CUPERTINO, Calif. — This year’s Hot Chips hosted 25 talks, 16 of them focused at least in part on chips handling artificial intelligence jobs. They spanned a broad range from ultra-low-power devices for the Internet of Things and smartphones to power-hungry slabs of silicon for the data center.

Industry consolidation around the x86 made this microprocessor event less interesting for a few years. But with the rise of machine learning, it’s become a hot spot again for engineers who specialize in chip architectures.

Believe it or not, there’s more to the chip world these days than deep learning. One speaker described a contender to replace DRAM and called for more talks on memories at the event given the work in alternative RAMs bubbling under the surface.

For its part, Xilinx showed a major new variant of the FPGA, geared for AI and more. And attendees heard a call to action to design a whole new computing architecture grouded in security.

Keynoter John Hennessey, chairman of Alphabet, noted that the widely used technique of speculative execution had been vulnerable to side-channel attacks for 20 years before computer architects at Google saw the open door.

“It makes you wonder what else we haven’t noticed … its amazing given the complexity of these products that they work so well or work at all,” said Nathan Brookwood, analyst at Insight64 and a veteran Hot Chips attendee.

In the following pages, we highlight an array of interesting talks that we did not write about in the immediate aftermath of the event. We start with a handful of them that impressed us as most bold in their ambitions and/or creative in their thinking.

Startup Tachyum was, no doubt, the boldest of all, but informal conversations named it the least likely to succeed. It aims to win sockets as a mainstream server processor and an AI accelerator with its Prodigy chip whose cores it claims are “faster than a Xeon and smaller than an Arm.”

The 7-nm 290-mm2 chip with up to 64 cores will tape out next year, delivering up to 2 TFlops at 4 GHz, claims the company. Initially, it will depend on a combination of server software that the company ported and an emulator to run other code.

Data center operators are not likely to add a startup’s chip and software to their x86 racks without major performance boosts and lots of testing. Analyst Brookwood expressed skepticism about the startup’s use of VLIW, a technique that Intel failed to master with Itanium. If the chip gains any traction, Tachyum is likely to face patent suits from giants such as Intel, he added.

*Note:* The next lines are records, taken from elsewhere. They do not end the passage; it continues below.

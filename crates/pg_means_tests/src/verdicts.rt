//! Verdicts on an automaton that says `a U b`, which can be worked out by hand, and the texts of two of them.

use pg_hoa::read_automaton;
use pg_ltl::read_formula;
use pg_means::{FormulaVerdict, means};
use pg_means_texts::{compare, write_compared};
use std::alloc::Global;
use std::test::Fail;

/// There is a b, and a holds until then.
const UNTIL: &[u8] =
    b"HOA: v1 Start: 0 AP: 2 \"a\" \"b\" Acceptance: 1 Inf(0) --BODY-- State: 0 [0&!1] 0 [1] 1 State: 1 [t] 1 {0} --END--";

/// Returns the verdict on the automaton and a formula whose propositions are a and b.
fn verdict_on(alloc: Global, formula: &[u8]) -> Result<FormulaVerdict, Fail> {
    let automaton = read_automaton(alloc, UNTIL)?;
    let (_, formula) = read_formula(alloc, formula)?;
    Ok(means(alloc, &automaton, &formula, 2, &[0, 1])?)
}

#[test]
fn verdicts_are_right(rt: HostRuntime) -> Result<(), Fail> {
    assert!(rt; matches!(verdict_on(rt.alloc(), b"a U b")?, FormulaVerdict::Same));
    assert!(rt;
        matches!(
            verdict_on(rt.alloc(), b"a W b")?,
            FormulaVerdict::Differs(false, _, _)
        )
    );
    Ok(())
}

/// Returns the text of the verdict on the automaton and a formula.
fn text_on(alloc: Global, formula: &[u8]) -> Result<Vec<u8>, Fail> {
    let compared = compare(alloc, UNTIL, formula)?;
    let mut output = Vec::new(alloc);
    write_compared(&compared, &mut output)?;
    Ok(output)
}

/// The automaton and the formula differ on the words on which a always holds and b never comes.
#[test]
fn texts_are_compared(rt: HostRuntime) -> Result<(), Fail> {
    let same = text_on(rt.alloc(), b"b R (a | b) & F b")?;
    assert_eq!(rt; same.as_slice(), b"SAME\n".as_slice());
    let differs = text_on(rt.alloc(), b"a W b")?;
    assert!(rt;
        differs
            .as_slice()
            .starts_with(b"DIFFERS\nthe formula holds\n")
    );
    assert!(rt; differs.as_slice().ends_with(b"loop\na\n"));
    Ok(())
}
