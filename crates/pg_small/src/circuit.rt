//! Makes a circuit of free moves: the outputs one after another, then the next states.

use crate::codes::Codes;
use crate::freedom::Freedom;
use crate::making::Want;
use crate::net::{Conjunction, Net, flip};
use crate::numbers::{Allocated, NONE, at, has_bit, item, put, spend};
use std::alloc::Global;

/// The most gates that a function may have.
const MAX_GATES: u32 = 1 << 10;

/// A net with literals: the outputs, and then the next values of the latches.
#[derive(Drop)]
pub struct WantedNet {
    pub net: Net,
    pub literals: Vec<u32>,
    /// What is wanted of each literal.
    pub wants: Vec<Want>,
}

impl WantedNet {
    pub fn size(&self) -> usize {
        (self.net.len() as usize).saturating_add(self.literals.len())
    }

    /// Appends the gates to `gates`, with all variables from `from` on made greater by `by`. Returns the literals there.
    pub fn append(&self, gates: &mut Vec<Conjunction>, from: u32, by: u32) -> Allocated<Vec<u32>> {
        let shifted = |literal: u32| {
            let more = if literal / 2 < from { 0 } else { by };
            literal.saturating_add(more.saturating_mul(2))
        };
        for signal in self.net.given..self.net.len() {
            let Conjunction { left, right } = self.net.gate(signal);
            gates.push(Conjunction {
                left: shifted(left),
                right: shifted(right),
            })?;
        }
        let mut literals = Vec::new(self.net.alloc);
        for literal in &self.literals {
            literals.push(shifted(*literal))?;
        }
        Ok(literals)
    }
}

/// A circuit that is being made.
#[derive(Drop)]
struct NetDraft<'a> {
    free: &'a Freedom,
    codes: &'a Codes,
    net: Net,
    /// The moves that are left.
    left: Vec<bool>,
}

/// Returns a circuit of free moves: the bits of the output letter, made in the given order, and then the given number of bits of the next
/// state's code. Takes the words that are looked at from `looks`. `None` if these run out, or a bit isn't found.
pub fn circuit_of(
    free: &Freedom,
    codes: &Codes,
    (order, bits): (&[u32], u32),
    looks: &mut u64,
) -> Allocated<Option<WantedNet>> {
    let alloc = *free.nexts.allocator();
    let given = given_values(alloc, free, codes)?;
    let mut draft = NetDraft {
        free,
        codes,
        net: Net::new(alloc, free.points().div_ceil(64), &given, *looks)?,
        left: vec![in alloc; true; free.nexts.len()]?,
    };
    let many = free.outputs.saturating_add(bits);
    let mut literals = vec![in alloc; 0u32; many as usize]?;
    for bit in order.iter().copied().chain(free.outputs..many) {
        let made = draft.choose(bit)?;
        *looks = draft.net.looks;
        let Some(literal) = made else {
            return Ok(None);
        };
        put(&mut literals, bit, literal);
    }
    let net = draft.net.rebuilt(&mut literals, (NONE, 0), &[])?;
    let mut wants = Vec::new(alloc);
    for literal in &literals {
        wants.push(net.want_of(*literal)?)?;
    }
    Ok(Some(WantedNet {
        net,
        literals,
        wants,
    }))
}

/// Returns the values of signal 0, the inputs and the bits of codes at all points. The last point is repeated until a word is full.
fn given_values(alloc: Global, free: &Freedom, codes: &Codes) -> Allocated<Vec<u64>> {
    let mut given = Vec::new(alloc);
    for signal in 0..free.inputs.saturating_add(codes.bits).saturating_add(1) {
        for place in 0..free.points().div_ceil(64).saturating_mul(64) {
            let point = place.min(free.points().saturating_sub(1));
            let code = at(&codes.of, point.wrapping_shr(free.inputs));
            let bit = match signal.checked_sub(1) {
                None => false,
                Some(input) if input < free.inputs => has_bit(point, input),
                Some(latch) => has_bit(code, latch.wrapping_sub(free.inputs)),
            };
            push(&mut given, place, bit)?;
        }
    }
    Ok(given)
}

/// Appends the bit of a place to words.
fn push(words: &mut Vec<u64>, place: u32, bit: bool) -> Allocated<()> {
    if place % 64 == 0 {
        words.push(0)?;
    }
    if let Some(word) = words.last_mut() {
        *word |= (bit as u64).wrapping_shl(place % 64);
    }
    Ok(())
}

impl NetDraft<'_> {
    /// Returns a bit of a move: first come the bits of the output letter, then those of the next state's code.
    fn bit_of(&self, place: u32, bit: u32) -> bool {
        if bit < self.free.outputs {
            return has_bit(at(&self.free.letters, place), bit);
        }
        let code = at(&self.codes.of, at(&self.free.nexts, place));
        has_bit(code, bit.wrapping_sub(self.free.outputs))
    }

    /// Makes a bit, with either value where both are free, and drops the moves in which it has the other value.
    fn choose(&mut self, bit: u32) -> Allocated<Option<u32>> {
        if !spend(&mut self.net.looks, self.left.len() as u64) {
            return Ok(None);
        }
        let mut want = Want::new(self.net.alloc);
        for place in 0..self.net.words.saturating_mul(64) {
            let (mut on, mut off) = (true, true);
            for it in self
                .free
                .places(place.min(self.free.points().saturating_sub(1)))
            {
                if item(&self.left, it, false) {
                    let is_set = self.bit_of(it, bit);
                    on = on && is_set;
                    off = off && !is_set;
                }
            }
            push(&mut want.on, place, on)?;
            push(&mut want.off, place, off)?;
        }
        let Some(literal) = self.net.make(&want, MAX_GATES)? else {
            return Ok(None);
        };
        for point in 0..self.free.points() {
            let word = item(self.net.values(literal / 2), point / 64, 0) ^ flip(literal);
            let value = word.wrapping_shr(point % 64) & 1 == 1;
            for place in self.free.places(point) {
                if self.bit_of(place, bit) != value {
                    put(&mut self.left, place, false);
                }
            }
        }
        Ok(Some(literal))
    }
}
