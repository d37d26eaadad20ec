//! Numbers in lists, widths, and budgets.

pub use pg_search_components::{NONE, at, count, has_bit, is_marked, item, power, put};
use std::alloc::AllocError;

/// A result, unless memory runs out.
pub type Allocated<T> = Result<T, AllocError>;

/// Returns how many bits tell `many` numbers apart.
pub fn width(many: u32) -> u32 {
    (0..32).find(|n| many <= power(*n)).unwrap_or(32)
}

/// Returns the logarithm of a number to base 2, in units of 1/256; 0 for 0.
pub fn logarithm(number: u64) -> u32 {
    let zeros = number.leading_zeros().min(63);
    let rest = number.wrapping_shl(zeros).wrapping_shr(55) & 255;
    (63 - zeros) * 256 + rest as u32
}

/// Takes `many` from the looks that are left. Returns whether any are left.
pub fn spend(looks: &mut u64, many: u64) -> bool {
    *looks = looks.saturating_sub(many);
    *looks > 0
}
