//! The moves that may be made in place of a machine's moves.

use crate::game::WinningRows;
use crate::machine::Machine;
use crate::numbers::{Allocated, NONE, at, count, item, power, put, spend};
use crate::product::{MachineProduct, places_of};
use crate::steps::Steps;
use pg_search_components::{Edges, TargetRows};
use std::ops::Range;

/// The moves at each point, in ascending order of output letters. Whichever are chosen, every run is accepted, since the measure of each
/// pair serves.
#[derive(Drop)]
pub struct Freedom {
    pub states: u32,
    pub inputs: u32,
    pub outputs: u32,
    /// Where the moves of each point begin, and where those of the last end.
    firsts: Vec<u32>,
    /// The output letter of each move; `nexts` has its next state.
    pub letters: Vec<u32>,
    pub nexts: Vec<u32>,
    /// Where the automaton's edges lead, as states of the machine, or `NONE`: at `letter * states + state`, by input letter and then output
    /// letter.
    pub edges: Vec<u32>,
}

impl Freedom {
    pub fn points(&self) -> u32 {
        self.states.wrapping_shl(self.inputs)
    }

    /// Returns the places of the moves of a point.
    pub fn places(&self, point: u32) -> Range<u32> {
        let end = at(&self.firsts, point.saturating_add(1));
        at(&self.firsts, point)..end.min(count(self.nexts.len()))
    }

    /// Returns a freedom of one move at each point, with these output letters and next states.
    pub fn none(
        (states, inputs, outputs): (u32, u32, u32),
        letters: Vec<u32>,
        nexts: Vec<u32>,
    ) -> Allocated<Freedom> {
        let alloc = *nexts.allocator();
        let mut firsts = Vec::new(alloc);
        for point in 0..=states.wrapping_shl(inputs) {
            firsts.push(point)?;
        }
        Ok(Freedom {
            states,
            inputs,
            outputs,
            firsts,
            letters,
            nexts,
            edges: Vec::new(alloc),
        })
    }

    /// Returns the moves that may be made in place of a machine's moves, or `None` if there is too much to look at.
    pub fn of(machine: &Machine, steps: &Steps, looks: &mut u64) -> Allocated<Option<Freedom>> {
        let Some(mut looking) = Looking::new(machine, steps, looks)? else {
            return Ok(None);
        };
        let letters = steps.place(power(steps.inputs), 0);
        let size = letters.saturating_mul(machine.states) as usize;
        let mut free = Freedom {
            states: machine.states,
            inputs: steps.inputs,
            outputs: steps.outputs,
            firsts: Vec::new(steps.alloc),
            letters: Vec::new(steps.alloc),
            nexts: Vec::new(steps.alloc),
            edges: vec![in steps.alloc; NONE; size]?,
        };
        for point in 0..free.points() {
            free.firsts.push(count(free.nexts.len()))?;
            let state = point.wrapping_shr(steps.inputs);
            for output in 0..power(steps.outputs) {
                let letter = steps.place(point & power(steps.inputs).wrapping_sub(1), output);
                let place = letter.wrapping_mul(machine.states).wrapping_add(state);
                put(&mut free.edges, place, looking.holder(state, letter, 0));
                let next = if at(&machine.outputs, point) == output {
                    at(&machine.nexts, point)
                } else {
                    looking.next(state, letter, looks)?
                };
                if next != NONE {
                    free.letters.push(output)?;
                    free.nexts.push(next)?;
                }
            }
        }
        free.firsts.push(count(free.nexts.len()))?;
        Ok(Some(free))
    }
}

/// A machine whose freedom is looked for.
#[derive(Drop)]
struct Looking<'a> {
    steps: &'a Steps,
    product: MachineProduct,
    /// The pairs of each of the machine's states; `holders` has the pairs of each of the automaton's.
    pairs: TargetRows,
    holders: TargetRows,
    /// The measures of the pairs.
    measures: WinningRows,
}

impl<'a> Looking<'a> {
    fn new(machine: &Machine, steps: &'a Steps, looks: &mut u64) -> Allocated<Option<Looking<'a>>> {
        let Some(product) = MachineProduct::of(
            machine,
            steps,
            &[(0, steps.start)],
            u32::MAX,
            looks,
        )?
        else {
            return Ok(None);
        };
        let Some(measures) = WinningRows::of(&product.steps(machine, steps)?, looks)? else {
            return Ok(None);
        };
        Ok(Some(Looking {
            steps,
            pairs: places_of(steps.alloc, &product.states, machine.states)?,
            holders: places_of(steps.alloc, &product.besides, steps.states)?,
            product,
            measures,
        }))
    }

    /// Takes the automaton's first state beside a state of the machine, and goes from it by a letter. Returns the machine's state at a
    /// place among those that are met beside the automaton's state that is reached, or `NONE`.
    fn holder(&self, state: u32, letter: u32, place: u32) -> u32 {
        let pair = item(self.pairs.targets(state), 0, NONE);
        let step = self.steps.step(at(&self.product.besides, pair), letter);
        let pair = item(self.holders.targets(step.target), place, NONE);
        at(&self.product.states, pair)
    }

    /// Returns a next state with which a letter serves beside each state of the automaton, or `NONE`.
    fn next(&mut self, state: u32, letter: u32, looks: &mut u64) -> Allocated<u32> {
        for place in 0..u32::MAX {
            let next = self.holder(state, letter, place);
            let mut serves = true;
            for pair in self.pairs.targets(state) {
                let mut step = self.steps.step(at(&self.product.besides, *pair), letter);
                step.target = self.product.number(next, step.target);
                serves = serves && spend(looks, 1) && self.measures.serves(*pair, step)?;
            }
            if serves || next == NONE {
                return Ok(next);
            }
            if *looks == 0 {
                break;
            }
        }
        Ok(NONE)
    }
}
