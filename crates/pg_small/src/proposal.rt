//! Small circuits: machines of few states, their freedom, codes of their states, and nets.

use crate::circuit::{WantedNet, circuit_of};
use crate::codes::{Codes, Columns};
use crate::dice::Dice;
use crate::fewest::keep_few;
use crate::freedom::Freedom;
use crate::game::winning_moves;
use crate::machine::Machine;
use crate::merging::merged;
use crate::net::Conjunction;
use crate::numbers::{Allocated, power};
use crate::steps::Steps;
use crate::tree::tree_of;
use pg_hoa_automaton::Automaton;
use std::alloc::{AllocError, Global};

/// The most steps that are looked at to find machines, what these may do instead, and codes; `TRIES` is the most steps that are looked at
/// to merge states.
pub const STEPS: u64 = 1 << 24;

pub const TRIES: u64 = 1 << 25;

/// The most words of values that are looked at to make circuits, and each time that their gates are remade.
pub const WORDS: u64 = 1 << 25;

/// How many other codes and orders of outputs are tried; `WORDS_OF_TURN` is the most words that are looked at for each.
const TURNS: u32 = 60;

const WORDS_OF_TURN: u64 = 1 << 20;

/// A circuit. Its variables from 1 on are the automaton's inputs, in the order of its propositions, then the latches, and then the gates;
/// each gate is over literals of smaller variables. A literal is twice a variable, plus one where it is negated; 0 is false. All latches
/// begin as 0.
#[derive(Drop)]
pub struct SmallCircuit {
    /// The literal that each latch takes its next value from.
    pub latches: Vec<u32>,
    /// The literal of each of the automaton's outputs, in the order of its propositions.
    pub outputs: Vec<u32>,
    /// The gates, in the order of their variables.
    pub gates: Vec<Conjunction>,
}

impl SmallCircuit {
    /// How many gates and latches there are.
    pub fn size(&self) -> usize {
        self.gates.len().saturating_add(self.latches.len())
    }
}

/// Proposes small circuits, the smallest first, all of whose runs the automaton is meant to accept: at most two, and none if the controller
/// loses or the automaton is too large. Fails only if memory runs out.
pub fn propose(alloc: Global, automaton: &Automaton) -> Result<Vec<SmallCircuit>, AllocError> {
    let mut proposals = Vec::new(alloc);
    let Some(mut steps) = Steps::of(alloc, automaton)? else {
        return Ok(proposals);
    };
    let Some(moves) = winning_moves(&mut steps, &mut { STEPS })? else {
        return Ok(proposals);
    };
    let machine = small_machine(&steps, moves)?;
    if let Some(mut draft) = best_draft(&steps, &machine)? {
        draft.search()?;
        draft.circuit.improve(0, &mut { WORDS })?;
        draft.circuit.improve(1, &mut { WORDS })?;
        let mut gates = Vec::new(alloc);
        let literals = draft.circuit.append(&mut gates, 0, 0)?;
        let (outputs, latches) = literals.split_at(draft.order.len().min(literals.len()));
        proposals.push(SmallCircuit {
            latches: Vec::from_slice(alloc, latches)?,
            outputs: Vec::from_slice(alloc, outputs)?,
            gates,
        })?;
    }
    if let Some(last) = tree_of(&machine, &steps)? {
        proposals.push(last)?;
    }
    proposals.sort_by_key(|it: &SmallCircuit| it.size())?;
    Ok(proposals)
}

/// Returns a machine that makes such moves: of few states from the start, or else of any.
fn small_machine(steps: &Steps, moves: Vec<bool>) -> Allocated<Machine> {
    let mut moves = moves;
    let any = Machine::choose(steps, &moves)?;
    keep_few(steps, &mut moves, &mut { STEPS })?;
    let mut tries = TRIES;
    let few = merged(Machine::choose(steps, &moves)?, steps, &mut tries)?;
    let any = merged(any, steps, &mut tries.saturating_sub(TRIES / 2))?;
    Ok(if any.states < few.states { any } else { few })
}

/// A circuit, and what it is made of.
#[derive(Drop)]
struct CircuitDraft {
    free: Freedom,
    codes: Codes,
    /// The order in which the outputs are made.
    order: Vec<u32>,
    circuit: WantedNet,
}

/// Returns the smaller one of the circuits with codes by parts and with counted codes, if there is one.
fn best_draft(steps: &Steps, machine: &Machine) -> Allocated<Option<CircuitDraft>> {
    let mut words = WORDS;
    let mut best: Option<CircuitDraft> = None;
    for is_counted in [false, true] {
        let Some(mut draft) = draft_of(steps, machine, is_counted, &mut words)? else {
            continue;
        };
        draft.circuit.improve(0, &mut { WORDS / 2 })?;
        let size = draft.circuit.size();
        if best.as_ref().map_or(true, |it| size < it.circuit.size()) {
            best = Some(draft);
        }
    }
    Ok(best)
}

/// Returns the circuit of the free moves of a machine, with codes for its states.
fn draft_of(
    steps: &Steps,
    machine: &Machine,
    is_counted: bool,
    words: &mut u64,
) -> Allocated<Option<CircuitDraft>> {
    let mut looks = STEPS;
    let Some(free) = Freedom::of(machine, steps, &mut looks)? else {
        return Ok(None);
    };
    let many = if is_counted { 0 } else { free.edges.len() };
    let columns = Columns {
        alloc: steps.alloc,
        states: free.states,
        edges: &free.edges[..many],
    };
    let Some(codes) = Codes::new(columns, &mut looks)? else {
        return Ok(None);
    };
    let mut order = Vec::new(steps.alloc);
    for output in 0..free.outputs {
        order.push(output)?;
    }
    let Some(circuit) = circuit_of(&free, &codes, (&order, codes.bits), words)? else {
        return Ok(None);
    };
    Ok(Some(CircuitDraft {
        free,
        codes,
        order,
        circuit,
    }))
}

impl CircuitDraft {
    /// Tries other codes and orders of outputs, as the dice fall, as long as that takes little.
    fn search(&mut self) -> Allocated<()> {
        let mut dice = Dice::new();
        for _ in 0..TURNS {
            let mut codes = self.codes.copied()?;
            let mut order = self.order.clone()?;
            if dice.below(4) == 0 {
                dice.exchange(&mut order);
            } else {
                let state = dice.below(self.free.states.saturating_sub(1));
                let code = dice.below(power(codes.bits).saturating_sub(1));
                codes.exchange(state.saturating_add(1), code.saturating_add(1));
            }
            let mut words = WORDS_OF_TURN;
            let bits = (&order[..], codes.bits);
            if let Some(mut circuit) = circuit_of(&self.free, &codes, bits, &mut words)? {
                circuit.improve(0, &mut words)?;
                if words > 0 && circuit.size() <= self.circuit.size() {
                    self.circuit = circuit;
                    self.codes = codes;
                    self.order = order;
                }
            }
            if words == 0 {
                break;
            }
        }
        Ok(())
    }
}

Tachyum's Prodigy sports nine-stage integer and 14-stage floating-point pipelines. (All images: Hot Chips)
Tachyum’s Prodigy sports nine-stage integer and 14-stage floating-point pipelines. (All images: Hot Chips)

Could Optane draw a legal challenge?

Intel described Cascade Lake, its latest 14-nm Xeon server processor. The company tipped the high-level news on the chip at an event a few weeks ago, but Hot Chips provided more details — and a dash of controversy.

Cascade Lake uses the same mechanical, thermal, and socket interface as Intel’s existing 14-nm Xeon and sports the same core count, cache structure, and I/O speeds. The new bits include 14-nm process tweaks to eke out a bit more performance and less power consumption. In addition, the chip supports a new AI instruction and hardware mitigations for the side-channel attacks exposed by Meltdown/Spectre.

But the big news is that Cascade Lakes is the first Xeon with a memory controller that supports Intel’s Optane, aka 3D XPoint memories, opening a door to up to 3 TBytes of main memory per socket as well as gains in read/write speeds over DRAM.

An Intel engineer giving the talk would not comment on endurance of the Optane media. However, he did say that the boards use a Jedec DDR4 electrical bus with a proprietary Intel protocol that won’t be available to rivals for the foreseeable future.

“I don’t think that will stand a legal challenge,” said Brookwood.

“If I was IBM or AMD and Optane DIMMs became popular in data centers and I couldn’t get them, I’d be a little ticked. Intel commands something like 98% of the server market, and that, in my mind, is a monopoly.”

Intel Optane DC

Intel is leading work at the Storage Networking Industry Association to create a software platform for alternative main memories such as Optane.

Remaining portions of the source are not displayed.